_Record extracts:_

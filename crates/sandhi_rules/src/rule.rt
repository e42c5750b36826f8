ghost use Rattle.std.specs.Prelude.{◌≡◌, ◌≢◌, ◌<◌, ◌≤◌, ◌^◌, ◌↔◌, [], IsTrue};
ghost use Rattle.lexicon_definitions.specs.declared.limits.TheConstants.{MOST_PHASES};
ghost use Rattle.lexicon_definitions.specs.Rules.{IsStrict, IsInner, IsFinal, HasPhase, all_phases as all_phases_of, unlimited_rule};

use lexicon_definitions::MOST_PHASES;
use phoneme::Word;
use std::marker::Model;

/// A rule of external sandhi (Huet 2005): a form that ends in `u`, of a phase in `before`, followed by a form that
/// begins with `v`, of a phase in `after`, is written `w` at the seam. Where `v` is empty the rule is final: it changes
/// the end of the last form of a line, and `after` is 0. Bit `k` of `before` and of `after` stands for phase `k`,
/// counted from 0.
#[derive(Drop)]
pub struct Rule {
    pub u: Word,
    pub v: Word,
    pub w: Word,
    pub before: u16,
    pub after: u16,
}

impl Model for Rule {
    ghost use Rattle.lexicon_definitions.specs.Rules.{Rule as RuleValue};

    ghost Value = { RuleValue };

    ghost view = { λ r. record { u = r.u; v = r.v; w = r.w; before = r.before; after = r.after } };
}

/// Whether the phase, counted from 0, is in the set of phases.
pub(crate) fn has_phase(phases: u16, phase: u32) -> bool
    ensures { IsTrue result ↔ HasPhase phases phase }
{
    phase < MOST_PHASES as u32 && (phases >> phase) & 1 == 1
}

/// The set of the first count phases.
fn all_phases(count: usize) -> u16
    requires { count ≤ MOST_PHASES }
    ensures { result ≡ all_phases_of count }
{
    ((1u32 << count) - 1) as u16
}

impl Rule {
    /// The rule with this `u`, `v` and `w` that is unlimited over so many phases.
    pub fn unlimited(count: usize, u: Word, v: Word, w: Word) -> Rule
        requires { count ≤ MOST_PHASES }
        ensures { result ≡ unlimited_rule count u v w }
    {
        let before = all_phases(count);
        let after = if v.is_empty() { 0 } else { before };
        Rule {
            u,
            v,
            w,
            before,
            after,
        }
    }

    /// Whether neither `u` nor `w` is empty, as of every rule of a rule set (Huet 2005).
    pub fn is_strict(&self) -> bool
        ensures { IsTrue result ↔ IsStrict self.now }
    {
        !self.u.as_slice().is_empty() && !self.w.as_slice().is_empty()
    }

    /// Whether `v` is not empty, so that the rule stands between two forms.
    pub fn is_inner(&self) -> bool
        ensures { IsTrue result ↔ IsInner self.now }
    {
        !self.v.as_slice().is_empty()
    }

    /// Whether `v` is empty, so that the rule changes the end of the last form.
    pub fn is_final(&self) -> bool
        ensures { IsTrue result ↔ IsFinal self.now }
    {
        self.v.as_slice().is_empty()
    }

    /// Whether the rule may follow a form of this phase, counted from 0.
    pub fn may_follow(&self, phase: u32) -> bool
        ensures { IsTrue result ↔ HasPhase self.now.before phase }
    {
        has_phase(self.before, phase)
    }

    /// Whether the rule may precede a form of this phase, counted from 0.
    pub fn may_precede(&self, phase: u32) -> bool
        ensures { IsTrue result ↔ HasPhase self.now.after phase }
    {
        has_phase(self.after, phase)
    }
}
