/// What a line tells of every form that begins at a place: the number of letters of the line past which no form goes, which is the place
/// itself where no form that takes a letter may be entered, else that of the first blank after the place, or of all letters where there
/// is none; whether no blank stands after the place, so that the line may end with the form; and whether a form that takes a letter of
/// the line may be entered.
#[derive(Clone, Copy)]
pub struct Ahead {
    pub limit: u32,
    pub may_end: bool,
    pub enters: bool,
}

/// The first blank after so many letters of the line, if there is one.
fn next_blank(line: &Line, at: u32) -> Option<u32>
    ensures { MatchOption result (All (λ blank. blank ≤ at) line.now.blanks) (IsNextBlank line.now.blanks at) }
{
    let blanks = line.blanks.as_slice();
    let next = blanks.partition_point(|blank| *blank <= at);
    match blanks.get(next) {
        None => None,
        Some(blank) => Some(*blank),
    }
}

/// Whether a form that takes a letter of the line may be entered at the place: after a letter, this and the next letter of the line are a
/// plain pair.
fn lets_letter_in(rules: &RuleSet, line: &Line, place: &Configuration) -> bool
    ensures { IsTrue result ↔ LetsLetterIn rules.now line.now place.now.at (entrance_of (leads_of rules.now.rules) place.now.entrance) }
{
    match place.entrance {
        Entrance::Plain(last) => match line.letters.as_slice().get(place.at as usize) {
            None => true,
            Some(letter) => rules.is_plain(last, *letter),
        },
        Entrance::Start | Entrance::Lead(_) => true,
    }
}

/// Whether a form of this phase, counted from 0, may be entered at the place: after a rule, this may precede the phase. Where it may not,
/// no key of the phase leads on or ends the line there.
pub fn may_begin(rules: &RuleSet, place: &Configuration, phase: u32) -> bool
    requires { IsEntranceOver (leads_of rules.now.rules) place.now.entrance }
    ensures { IsTrue result ↔ MayBegin (entrance_of (leads_of rules.now.rules) place.now.entrance) phase }
{
    match place.entrance {
        Entrance::Start | Entrance::Plain(_) => true,
        Entrance::Lead(lead) => rules.leads()[usize::from(lead)].may_precede(phase),
    }
}

/// Whether the `w` of the rule, counted from 1, comes next after so many letters of the line. Where it does not, no key with the rule whose
/// form ends there leads on or ends the line.
#[inline(always)]
pub fn is_written(rules: &RuleSet, line: &Line, end: usize, rule: u32) -> bool
    requires within { end ≤ length line.now.letters }
    requires some { 1 ≤ rule }
    requires rule { rule ≤ length rules.now.rules }
    ensures { IsTrue result ↔ (take (length (rule_of rules.now rule).w) (drop end line.now.letters) ≡ (rule_of rules.now rule).w) }
{
    let Some(found) = rules.rule(rule) else {
        unreachable!()
    };
    begins_with(&line.letters.as_slice()[end..], found.w.as_slice())
}

/// What the rule, counted from 1, does after a form of the phase that ends after so many letters of the line, wherever the form begins and
/// however it is entered. `may_end` says whether the line may end there.
pub fn rule_test(
    rules: &RuleSet,
    line: &Line,
    end: usize,
    may_end: bool,
    phase: u32,
    rule: u32,
) -> LetterTest
    requires within { end ≤ length line.now.letters }
    requires some { 1 ≤ rule }
    requires rule { rule ≤ length rules.now.rules }
    ensures { IsRuleTest rules.now line.now end may_end phase rule result }
{
    let Some(found) = rules.rule(rule) else {
        unreachable!()
    };
    let w = found.w.as_slice();
    let left = &line.letters.as_slice()[end..];
    if !begins_with(left, w) || !found.may_follow(phase) {
        return LetterTest::Refused;
    }
    match rules.lead_of(rule) {
        Some(lead) => LetterTest::LeadsOn {
            at: (end + w.len()) as u32,
            entrance: Entrance::Lead(lead),
        },
        None => {
            if may_end && left.len() == w.len() {
                LetterTest::Ends
            } else {
                LetterTest::Refused
            }
        }
    }
}

/// Whether nothing stands before a form that is entered so.
fn is_first(entrance: Entrance) -> bool
    ensures { (leads : List Lead) → result ≡ is_start (entrance_of leads entrance) }
{
    matches!(entrance, Entrance::Start)
}

/// Whether the step with this key at the place passes the local test of each choice.
fn is_allowed(
    rules: &RuleSet,
    line: &Line,
    choices: &Choices,
    place: &Configuration,
    key: Key,
) -> bool
    requires limits { IsRuleSetWithinLimits rules.now }
    requires over { IsEntranceOver (leads_of rules.now.rules) place.now.entrance }
    requires rule { key.rule ≤ length rules.now.rules }
    requires within { place.now.at + key.taken ≤ length line.now.letters }
    ensures { let entrance = entrance_of (leads_of rules.now.rules) place.now.entrance in IsTrue result ↔ Allows rules.now (length line.now.letters) choices.now (is_start entrance) (placed_at rules.now line.now place.now.at entrance (key_meant key)) }
{
    if choices.list().is_empty() {
        return true;
    }
    let lead = supplied_letters(rules, place.entrance);
    let step = Step {
        phase: key.phase,
        rule: key.rule,
        at: place.at,
        lead: lead.len() as u32,
        taken: key.taken,
    };
    choices.allows_entered(rules, line, lead, is_first(place.entrance), &step)
}

/// Whether the line may end with a form at the place that takes so many letters, where the choices allow each such form unless the line
/// must not end with it; `None` where that can't be told without looking at rules.
fn leave_free(rules: &RuleSet, choices: &Choices, place: &Configuration, taken: u32) -> Option<bool>
    requires limits { IsRuleSetWithinLimits rules.now }
    requires over { IsEntranceOver (leads_of rules.now.rules) place.now.entrance }
    ensures { IfSome result (AllowsWhicheverRule rules.now choices.now place.now.at (entrance_of (leads_of rules.now.rules) place.now.entrance) taken) }
{
    if choices.list().is_empty() {
        return Some(true);
    }
    let lead = supplied_letters(rules, place.entrance);
    choices.leave_free(place.at, lead.len() as u32, is_first(place.entrance), taken)
}

/// The last letter of what is supplied to a form at the place with so many letters of the line.
fn last_taken(rules: &RuleSet, line: &Line, place: &Configuration, taken: u32) -> Letter
    requires over { IsEntranceOver (leads_of rules.now.rules) place.now.entrance }
    requires within { place.now.at + taken ≤ length line.now.letters }
    requires some { 0 < length (supplied (entrance_of (leads_of rules.now.rules) place.now.entrance) ++ take taken (drop place.now.at line.now.letters)) }
    ensures { result ≡ last_letter (supplied (entrance_of (leads_of rules.now.rules) place.now.entrance) ++ take taken (drop place.now.at line.now.letters)) }
{
    if taken > 0 {
        let end = place.at as usize + taken as usize;
        return line.letters.as_slice()[end - 1];
    }
    let lead = supplied_letters(rules, place.entrance);
    lead[lead.len() - 1]
}

/// Whether a form that takes no letter of the line may be entered at the place: after a letter, this and the first letter of the rule's
/// `u` are a plain pair.
fn lets_rule_in(rules: &RuleSet, place: &Configuration, rule: u32) -> bool
    requires { rule ≤ length rules.now.rules }
    ensures { IsTrue result ↔ LetsRuleIn rules.now (entrance_of (leads_of rules.now.rules) place.now.entrance) rule }
{
    match place.entrance {
        Entrance::Plain(last) => match u_of(rules, rule) {
            [] => true,
            [first, ..] => rules.is_plain(last, *first),
        },
        Entrance::Start | Entrance::Lead(_) => true,
    }
}
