ghost use denote.Param.Send.{IsSync};
ghost use Rattle.sandhi_rules.specs.contracts.rule_set.RuleSet as RuleSet;

/// A rule set may be shared among threads.
pub fn rule_sets_are_shared()
    ensures { IsSync RuleSet.the_row }
{}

_About this exercise:_
Scan the material above. Return every line containing the string "many".

_Solution to this exercise:_
    /// The rule with this `u`, `v` and `w` that is unlimited over so many phases.
/// The first blank after so many letters of the line, if there is one.
/// Whether the `w` of the rule, counted from 1, comes next after so many letters of the line. Where it does not, no key with the rule whose
/// What the rule, counted from 1, does after a form of the phase that ends after so many letters of the line, wherever the form begins and
/// Whether the line may end with a form at the place that takes so many letters, where the choices allow each such form unless the line
/// The last letter of what is supplied to a form at the place with so many letters of the line.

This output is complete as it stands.